▸ **WORK TASK**
Print the listing exactly.

▸ **MATERIAL PROVIDED**

..............................

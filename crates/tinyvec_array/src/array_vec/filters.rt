//! Keeping some of the items. The loops are in `tinyvec_slots`, over `CanCut`, implemented in `can_cut.rt`.
ghost use Rattle.std.specs.Prelude.{◌≡◌, ◌-◌, slice_get, Some, length};
ghost use Rattle.std.specs.Fn.{FnOnceTakesAtMut, CalledAt, CalledAtMut, CalledAtPairMut, ComparesKeys};
ghost use Rattle.std.specs.List.{dedup as dedup_list};
ghost use Rattle.std.specs.List.Retain.{IsFiltered, RetainsInTurn, IsDeduped, PopsIf};
ghost use Rattle.tinyvec_slots.specs.Ranges.{range_start, range_end, IsRangeOf};
ghost use Rattle.tinyvec_slots.specs.Extracting.{Extracts};
ghost use Rattle.tinyvec_array.specs.View.{view, ShortensInPlace};
ghost use Rattle.tinyvec_array.specs.CutLaws.{CutOf};

use crate::{ArrayVec, Slots};
use std::ops::RangeBounds;
use tinyvec_slots::ExtractIf;
use tinyvec_slots::authors::{ask_last, resolve_range};

impl<S: Slots> ArrayVec<S>
where
    S::Item: Default,
{
    /// Calls `f` on each item in turn, and keeps those for which it returns `true`. A kept item is moved at most once. The
    /// vacated slots precede the old spare slots.
    pub fn retain<F: FnMut(&S::Item) -> bool>(&mut self, mut f: F)
        requires { F.IsAlwaysCallable f }
        ensures filtered { IsFiltered (CalledAt F.FnMut) f (view S.Slots self.old).items (view S.Slots self.new).items }
        ensures shorter { ShortensInPlace S.Item.is_default (view S.Slots self.old) (view S.Slots self.new) }
    {
        tinyvec_slots::authors::retain(self, &mut f);
    }

    /// Calls `f` on each item in turn, and keeps those for which it returns `true`, as it left them. A kept item is moved
    /// at most once. The vacated slots precede the old spare slots.
    pub fn retain_mut<F: FnMut(&mut S::Item) -> bool>(&mut self, mut f: F)
        requires { F.IsAlwaysCallable f }
        ensures filtered { RetainsInTurn (CalledAtMut F.FnMut) f (view S.Slots self.old).items (view S.Slots self.new).items }
        ensures shorter { ShortensInPlace S.Item.is_default (view S.Slots self.old) (view S.Slots self.new) }
    {
        tinyvec_slots::authors::retain_mut(self, &mut f);
    }

    /// Removes each item that equals the last one kept. A kept item is moved at most once.
    pub fn dedup(&mut self)
    where
        S::Item: PartialEq,
        ensures items { (view S.Slots self.new).items ≡ dedup_list S.Item.eq (view S.Slots self.old).items }
        ensures shorter { ShortensInPlace S.Item.is_default (view S.Slots self.old) (view S.Slots self.new) }
    {
        self.dedup_by(|current, last| *current == *last);
    }

    /// Calls `same` on each item after the first and the last one kept, in this order, and removes the item if it returns
    /// `true`. A kept item is moved at most once.
    pub fn dedup_by<F: FnMut(&mut S::Item, &mut S::Item) -> bool>(&mut self, mut same: F)
        requires { F.IsAlwaysCallable same }
        ensures filtered { IsDeduped (CalledAtPairMut F.FnMut) same (view S.Slots self.old).items
            (view S.Slots self.new).items }
        ensures shorter { ShortensInPlace S.Item.is_default (view S.Slots self.old) (view S.Slots self.new) }
    {
        tinyvec_slots::authors::dedup_by(self, &mut same);
    }

    /// Removes each item whose key equals that of the last one kept. The item's own key is computed first. A kept item is
    /// moved at most once.
    pub fn dedup_by_key<K: PartialEq + Drop, F: FnMut(&mut S::Item) -> K>(&mut self, mut key: F)
        requires { F.IsAlwaysCallable key }
        ensures filtered { IsDeduped (ComparesKeys F.FnMut K.eq) key (view S.Slots self.old).items
            (view S.Slots self.new).items }
        ensures shorter { ShortensInPlace S.Item.is_default (view S.Slots self.old) (view S.Slots self.new) }
    {
        tinyvec_slots::authors::dedup_by_key(self, &mut key);
    }

    /// Calls `predicate` on the last item, and removes and returns the item if it returns `true`. Otherwise the item
    /// stays, as `predicate` left it. Calls nothing if the list is empty.
    pub fn pop_if<F: FnOnce(&mut S::Item) -> bool>(&mut self, predicate: F) -> Option<S::Item>
        requires { (x : S.Item) → slice_get (view S.Slots self.old).items (length (view S.Slots self.old).items - 1) ≡ Some x
            → FnOnceTakesAtMut F.FnOnce predicate x }
        ensures popped { PopsIf F.FnOnce (view S.Slots self.old).items (view S.Slots self.new).items predicate result }
        ensures shorter { ShortensInPlace S.Item.is_default (view S.Slots self.old) (view S.Slots self.new) }
    {
        if !ask_last(self.as_mut_slice(), predicate) {
            return None;
        }
        // By an index: the list is known to have an item.
        Some(self.take_last())
    }

    /// Calls `pred` with the items of the range in turn, as far as the iterator is driven, and removes and yields those for
    /// which it returns `true`. The others stay in order, as `pred` left them, and those after the range move down when the
    /// iterator is dropped. Call it in a function that is generic over `Slots`: the borrow checker does not cover a call
    /// that names `SliceVec`.
    ///
    /// `not_exhausted` fails only for a `RangeInclusive` that was iterated to its end.
    pub fn extract_if<R: RangeBounds<usize>, F: FnMut(&mut S::Item) -> bool>(
        &mut self,
        range: R,
        pred: F,
    ) -> ExtractIf<'_, ArrayVec<S>, F>
        requires not_exhausted { R.has_bounds range }
        requires in_list { IsRangeOf (view S.Slots self.old).items (R.start_bound range) (R.end_bound range) }
        ensures { Extracts (λ v. (view S.Slots v).items) (CutOf S.Slots S.Item.is_default) F.FnMut self.entry
            (range_start (R.start_bound range)) (range_end (R.end_bound range) (length (view S.Slots self.old).items)) pred result }
    {
        let part = resolve_range(range, self.len());
        tinyvec_slots::authors::extract_if(self, part.start, part.end, pred)
    }
}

..............................

▸ **ANSWER SECTION**
filename crates/tinyvec_array/src/array_vec/filters.rt
//! Keeping some of the items. The loops are in `tinyvec_slots`, over `CanCut`, implemented in `can_cut.rt`.
ghost use Rattle.std.specs.Prelude.{◌≡◌, ◌-◌, slice_get, Some, length};
ghost use Rattle.std.specs.Fn.{FnOnceTakesAtMut, CalledAt, CalledAtMut, CalledAtPairMut, ComparesKeys};
ghost use Rattle.std.specs.List.{dedup as dedup_list};
ghost use Rattle.std.specs.List.Retain.{IsFiltered, RetainsInTurn, IsDeduped, PopsIf};
ghost use Rattle.tinyvec_slots.specs.Ranges.{range_start, range_end, IsRangeOf};
ghost use Rattle.tinyvec_slots.specs.Extracting.{Extracts};
ghost use Rattle.tinyvec_array.specs.View.{view, ShortensInPlace};
ghost use Rattle.tinyvec_array.specs.CutLaws.{CutOf};

use crate::{ArrayVec, Slots};
use std::ops::RangeBounds;
use tinyvec_slots::ExtractIf;
use tinyvec_slots::authors::{ask_last, resolve_range};

impl<S: Slots> ArrayVec<S>
where
    S::Item: Default,
{
    /// Calls `f` on each item in turn, and keeps those for which it returns `true`. A kept item is moved at most once. The
    /// vacated slots precede the old spare slots.
    pub fn retain<F: FnMut(&S::Item) -> bool>(&mut self, mut f: F)
        requires { F.IsAlwaysCallable f }
        ensures filtered { IsFiltered (CalledAt F.FnMut) f (view S.Slots self.old).items (view S.Slots self.new).items }
        ensures shorter { ShortensInPlace S.Item.is_default (view S.Slots self.old) (view S.Slots self.new) }
    {
        tinyvec_slots::authors::retain(self, &mut f);
    }

    /// Calls `f` on each item in turn, and keeps those for which it returns `true`, as it left them. A kept item is moved
    /// at most once. The vacated slots precede the old spare slots.
    pub fn retain_mut<F: FnMut(&mut S::Item) -> bool>(&mut self, mut f: F)
        requires { F.IsAlwaysCallable f }
        ensures filtered { RetainsInTurn (CalledAtMut F.FnMut) f (view S.Slots self.old).items (view S.Slots self.new).items }
        ensures shorter { ShortensInPlace S.Item.is_default (view S.Slots self.old) (view S.Slots self.new) }
    {
        tinyvec_slots::authors::retain_mut(self, &mut f);
    }

    /// Removes each item that equals the last one kept. A kept item is moved at most once.
    pub fn dedup(&mut self)
    where
        S::Item: PartialEq,
        ensures items { (view S.Slots self.new).items ≡ dedup_list S.Item.eq (view S.Slots self.old).items }
        ensures shorter { ShortensInPlace S.Item.is_default (view S.Slots self.old) (view S.Slots self.new) }
    {
        self.dedup_by(|current, last| *current == *last);
    }

    /// Calls `same` on each item after the first and the last one kept, in this order, and removes the item if it returns
    /// `true`. A kept item is moved at most once.
    pub fn dedup_by<F: FnMut(&mut S::Item, &mut S::Item) -> bool>(&mut self, mut same: F)
        requires { F.IsAlwaysCallable same }
        ensures filtered { IsDeduped (CalledAtPairMut F.FnMut) same (view S.Slots self.old).items
            (view S.Slots self.new).items }
        ensures shorter { ShortensInPlace S.Item.is_default (view S.Slots self.old) (view S.Slots self.new) }
    {
        tinyvec_slots::authors::dedup_by(self, &mut same);
    }

    /// Removes each item whose key equals that of the last one kept. The item's own key is computed first. A kept item is
    /// moved at most once.
    pub fn dedup_by_key<K: PartialEq + Drop, F: FnMut(&mut S::Item) -> K>(&mut self, mut key: F)
        requires { F.IsAlwaysCallable key }
        ensures filtered { IsDeduped (ComparesKeys F.FnMut K.eq) key (view S.Slots self.old).items
            (view S.Slots self.new).items }
        ensures shorter { ShortensInPlace S.Item.is_default (view S.Slots self.old) (view S.Slots self.new) }
    {
        tinyvec_slots::authors::dedup_by_key(self, &mut key);
    }

    /// Calls `predicate` on the last item, and removes and returns the item if it returns `true`. Otherwise the item
    /// stays, as `predicate` left it. Calls nothing if the list is empty.
    pub fn pop_if<F: FnOnce(&mut S::Item) -> bool>(&mut self, predicate: F) -> Option<S::Item>
        requires { (x : S.Item) → slice_get (view S.Slots self.old).items (length (view S.Slots self.old).items - 1) ≡ Some x
            → FnOnceTakesAtMut F.FnOnce predicate x }
        ensures popped { PopsIf F.FnOnce (view S.Slots self.old).items (view S.Slots self.new).items predicate result }
        ensures shorter { ShortensInPlace S.Item.is_default (view S.Slots self.old) (view S.Slots self.new) }
    {
        if !ask_last(self.as_mut_slice(), predicate) {
            return None;
        }
        // By an index: the list is known to have an item.
        Some(self.take_last())
    }

    /// Calls `pred` with the items of the range in turn, as far as the iterator is driven, and removes and yields those for
    /// which it returns `true`. The others stay in order, as `pred` left them, and those after the range move down when the
    /// iterator is dropped. Call it in a function that is generic over `Slots`: the borrow checker does not cover a call
    /// that names `SliceVec`.
    ///
    /// `not_exhausted` fails only for a `RangeInclusive` that was iterated to its end.
    pub fn extract_if<R: RangeBounds<usize>, F: FnMut(&mut S::Item) -> bool>(
        &mut self,
        range: R,
        pred: F,
    ) -> ExtractIf<'_, ArrayVec<S>, F>
        requires not_exhausted { R.has_bounds range }
        requires in_list { IsRangeOf (view S.Slots self.old).items (R.start_bound range) (R.end_bound range) }
        ensures { Extracts (λ v. (view S.Slots v).items) (CutOf S.Slots S.Item.is_default) F.FnMut self.entry
            (range_start (R.start_bound range)) (range_end (R.end_bound range) (length (view S.Slots self.old).items)) pred result }
    {
        let part = resolve_range(range, self.len());
        tinyvec_slots::authors::extract_if(self, part.start, part.end, pred)
    }
}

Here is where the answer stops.